I did something I do not regret. And no, I’m not going to tell you what it is. But it is, without being dramatic, the most important thing I could have done for myself during this hard time. And from the moment I did it, there have been no tears. There was even a smile in my reflection this morning. I felt a bounce in my step as I treated myself to a Boston Kreme donut. These past few days, I have barely lifted my eyes from the street – and today shared “Good mornings” with strangers on Broadway.
What did I do? I learned something about my relationship. Wait, let me rephrase – I learned everything about my relationship. The one I made my entire life revolve around, the one I planned on having for the remainder of my days. The same one I tweaked, manipulated, sculpted, forgave, screamed at, prayed for – the same one that has since seen silenced.
The most important twenty minutes of my life, thus far, came this morning. The knowledge that I came away with, that has changed everything for me, is…wait for it…

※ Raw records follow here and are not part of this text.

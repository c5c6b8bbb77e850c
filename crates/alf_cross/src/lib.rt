// The cross-component filter of a piece of a CTB: the piece of luma is copied with its margin, the copy's columns are split,
// and each chroma sample whose luma position lies in the piece is corrected by seven taps.
#![tactic(auto)]

mod kernel;
mod piece;
mod rows;
mod source;
mod split;

pub use piece::filter_piece;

He is not the one. Or at least not the only one.
Some are stumped as they read that. They must have tried to make me see that in three languages, with smoke signals, on the MSG jumbotron…
I don’t fault him. As a lovely ex-boyfriend just told me, ‘Eileen, he’s not a bad person. He’s just not the one for you.” This whole time, these two years, I truly believed with every fiber of my being that he was the right one, which is why I never gave up on it. I tried everything (and I do mean everything, people) to keep him with me, at the cost of my sanity, my confidence, and my heart.
He and I are both experiencing pain in this breakup– but now I think I see where he’s coming from. The pain he is experiencing is a loss, but a loss that he believes is the right thing, which enables him to get through his days, go to the gym, and continue his life, relatively unscathed. My pain came from thinking this loss was the wrong thing, which led me to a very dark place. Don’t go in there, there are no lights and only two exits, one a permanent one.
But this morning…after doing what I did (again, not telling you) and engulfed in newfound knowledge, I really have to thank him for being so strong through all of this. My fresh understanding allows me to see the relationship for what it was – a glorious friendship, an emotional affair, and we went down swinging.
There will be many more tears, as I pack up my things and leave that life behind. But I am no longer disillusioned about what that life was. It wasn’t the love that I thought, the one I fought to keep, the one I hugged, massaged, cared for, and risked everything. He and I were not in the same relationship. There’s no fooling myself about that now.
But now, knowing what I know, I’m seeing what it was, honestly, for the first time. If you’re only alloted a certain amount of tears per man, I’ve used mine up. My (815) Days of ___ are over.